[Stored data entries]
▬▬▬▬▬▬▬▬▬▬

//! Log sectors are read, and those of the unit are kept.
ghost use Rattle.std.specs.Prelude.{◌≡◌, ◌≤◌, ◌<◌, ◌+◌, ◌-◌, [], ◌∷◌, length, map, IfErr, IfSome, OnOk};
ghost use Rattle.ipl_base.specs.declared.limits.TheConstants.{LIVE_SECTORS, OVERFLOW_SECTORS, PAYLOAD_LEN};
ghost use Rattle.chip_trait.specs.Told.{Told};
ghost use Rattle.ipl_base.specs.declared.fault.ChipFault.TheVariants.{Malformed};
ghost use Rattle.overflow.specs.Lists.{pair_of, AreWithin};
ghost use Rattle.unit_io.specs.Kinds.{sector_named};
ghost use Rattle.unit_log.specs.Kept.{kept_if, log_found, with_found, CannotBeKept};
ghost use Rattle.unit_log.specs.Live.{HasLogEnd, spots_from, log_spots, Gathers};
ghost use Rattle.unit_io.specs.Costs.{Spends};
ghost use Rattle.unit_io.specs.ReadsAt.{IsAt};
ghost use Rattle.unit_log.specs.Looks.{IsFrom, IsListed, IsLogRead, LooksAt};
ghost use Rattle.unit_log.specs.Often.{ReadsListed};
ghost use Rattle.unit_log.specs.Paged.{AddsAtMost};

use crate::scratch::Scratch;
use chip_trait::Chip;
use ipl_base::{ChipFault, FIRST_LOG_SECTOR, Spot};
use log_records::{Payload, is_list};
use sector_format::Head;
use unit_io::read_log;

/// Whose log sectors are read: a unit's, in the generation of its header.
#[derive(Clone, Copy)]
pub(crate) struct Owner {
    pub(crate) unit: u32,
    pub(crate) generation: u64,
}

/// Keeps a log sector with this payload, of this version, or tells why it can't be one of the unit's.
fn keep(
    scratch: &mut Scratch,
    spot: Spot,
    serial: u64,
    payload: &[u8],
    version: u8,
) -> Result<(), ChipFault>
    requires room { length scratch.old < LIVE_SECTORS }
    requires fits { length payload.now ≤ PAYLOAD_LEN }
    ensures kept { OnOk result
        (scratch.new ≡ with_found (log_found serial version payload.now) scratch.old) }
    ensures unfit { IfErr result (λ fault.
        CannotBeKept (log_found serial version payload.now) scratch.old) }
    ensures fault { IfErr result (λ fault. fault ≡ Malformed spot.place spot.sector) }
    ensures count { length scratch.new ≤ length scratch.old + 1 }
{
    let malformed = ChipFault::Malformed {
        place: spot.place,
        sector: spot.sector,
    };
    if !is_list(payload, version) {
        return Err(malformed);
    }
    if !scratch.insert(serial, Payload::of(payload, version)) {
        return Err(malformed);
    }
    Ok(())
}

/// Keeps what was found, where it is a log sector of the unit and the generation.
fn take_found(
    scratch: &mut Scratch,
    owner: Owner,
    spot: Spot,
    found: Option<(Head, usize)>,
    bytes: &[u8; 512],
) -> Result<(), ChipFault>
    requires room { length scratch.old < LIVE_SECTORS }
    requires fits { IfSome found (λ it. it.1 ≤ PAYLOAD_LEN) }
    ensures kept { OnOk result (scratch.new
        ≡ with_found (kept_if owner.unit owner.generation (sector_named bytes.now found)) scratch.old) }
    ensures unfit { IfErr result (λ fault.
        CannotBeKept (kept_if owner.unit owner.generation (sector_named bytes.now found)) scratch.old) }
    ensures fault { IfErr result (λ fault. fault ≡ Malformed spot.place spot.sector) }
    ensures count { length scratch.new ≤ length scratch.old + 1 }
{
    match found {
        Some((head, used)) => {
            if head.unit != owner.unit || head.generation != owner.generation {
                return Ok(());
            }
            keep(
                scratch,
                spot,
                head.serial,
                &bytes[32..32 + used],
                head.version,
            )
        }
        None => Ok(()),
    }
}

/// Reads a spot where a log sector of the unit may stand.
fn read_spot<C: Chip>(
    chip: &mut C,
    owner: Owner,
    spot: Spot,
    scratch: &mut Scratch,
) -> Result<(), ChipFault>
    requires place { spot.place < (C.told chip.old).places }
    requires sector { spot.sector < 256 }
    requires room { length scratch.old < LIVE_SECTORS }
    ensures gathers { Gathers (C.told chip.old) owner.unit owner.generation (pair_of spot ∷ [])
        scratch.old scratch.new result }
    ensures count { length scratch.new ≤ length scratch.old + 1 }
    ensures looks { LooksAt (IsAt spot.place spot.sector) result
        (C.told chip.old) (C.told chip.new) }
    ensures one { AddsAtMost 1 (C.told chip.old) (C.told chip.new) }
    ensures often { Spends (ReadsListed (pair_of spot ∷ [])) (C.told chip.old) (C.told chip.new) }
{
    let mut bytes = [0; 512];
    let found = read_log(chip, spot, &mut bytes)?;
    take_found(scratch, owner, spot, found, &bytes)
}

/// Reads the sectors of a place from 241 up to this one (241 to 256).
fn read_home<C: Chip>(
    chip: &mut C,
    owner: Owner,
    place: u32,
    end: u32,
    scratch: &mut Scratch,
) -> Result<(), ChipFault>
    requires end { HasLogEnd (C.told chip.old).places place end }
    requires room { length scratch.old ≤ OVERFLOW_SECTORS }
    ensures gathers { Gathers (C.told chip.old) owner.unit owner.generation (spots_from place 241 (end - 241))
        scratch.old scratch.new result }
    ensures count { length scratch.new ≤ length scratch.old + 15 }
    ensures looks { LooksAt (IsFrom place 241) result (C.told chip.old) (C.told chip.new) }
    ensures often { Spends (ReadsListed (spots_from place 241 15)) (C.told chip.old) (C.told chip.new) }
{
    for sector in FIRST_LOG_SECTOR..end {
        read_spot(chip, owner, Spot { place, sector }, scratch)?;
    }
    Ok(())
}

/// Reads these spots, at most 31.
pub(crate) fn read_listed<C: Chip>(
    chip: &mut C,
    owner: Owner,
    spots: &[Spot],
    scratch: &mut Scratch,
) -> Result<(), ChipFault>
    requires within { AreWithin (C.told chip.old).places (map pair_of spots.now) }
    requires room { length scratch.old + length spots.now ≤ LIVE_SECTORS }
    ensures gathers { Gathers (C.told chip.old) owner.unit owner.generation (map pair_of spots.now)
        scratch.old scratch.new result }
    ensures looks { LooksAt (IsListed (map pair_of spots.now)) result
        (C.told chip.old) (C.told chip.new) }
    ensures each { AddsAtMost (length spots.now) (C.told chip.old) (C.told chip.new) }
    ensures often { Spends (ReadsListed (map pair_of spots.now)) (C.told chip.old) (C.told chip.new) }
{
    for spot in spots {
        read_spot(chip, owner, *spot, scratch)?;
    }
    Ok(())
}

/// Reads the sectors of a place from 241 up to this one (241 to 256), then these spots, at most 16.
pub(crate) fn read_sectors<C: Chip>(
    chip: &mut C,
    owner: Owner,
    place: u32,
    end: u32,
    spots: &[Spot],
    scratch: &mut Scratch,
) -> Result<(), ChipFault>
    requires end { HasLogEnd (C.told chip.old).places place end }
    requires within { AreWithin (C.told chip.old).places (map pair_of spots.now) }
    requires few { length spots.now ≤ OVERFLOW_SECTORS }
    requires none { scratch.old ≡ [] }
    ensures gathers { Gathers (C.told chip.old) owner.unit owner.generation
        (log_spots place end (map pair_of spots.now)) scratch.old scratch.new result }
    ensures looks { LooksAt (IsLogRead place (map pair_of spots.now)) result
        (C.told chip.old) (C.told chip.new) }
    ensures often { Spends (ReadsListed (log_spots place 256 (map pair_of spots.now)))
        (C.told chip.old) (C.told chip.new) }
{
    read_home(chip, owner, place, end, scratch)?;
    read_listed(chip, owner, spots, scratch)
}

▬▬▬▬▬▬▬▬▬▬

### PROBLEM:
All lines carrying the word "IsFrom" must be copied from the data above.

### WRITTEN ANSWER:
ghost use Rattle.unit_log.specs.Looks.{IsFrom, IsListed, IsLogRead, LooksAt};
    ensures looks { LooksAt (IsFrom place 241) result (C.told chip.old) (C.told chip.new) }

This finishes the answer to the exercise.